■ What you have to do: Each line of the records below that holds "ghost" should be copied out.

■ Given entries:
//! Lists of values.

ghost use Rattle.std.specs.Prelude.{◌≡◌, [], ◌∷◌, ◌++◌, OnOk};
ghost use Rattle.serde_json.specs.View.{view};
ghost use Rattle.report_json.specs.within.Parts.{seen};

use serde_json::Value;
use std::alloc::AllocError;

#[tactic(auto, using(crate::proofs::Lists::value_pushed))]
pub(crate) fn push_value(list: &mut Vec<Value>, value: Value) -> Result<(), AllocError>
    ensures { OnOk result (seen list.new.items ≡ seen list.old.items ++ view value ∷ []) }
{
    list.push(value)?;
    Ok(())
}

■ Written answer:
ghost use Rattle.std.specs.Prelude.{◌≡◌, [], ◌∷◌, ◌++◌, OnOk};
ghost use Rattle.serde_json.specs.View.{view};
ghost use Rattle.report_json.specs.within.Parts.{seen};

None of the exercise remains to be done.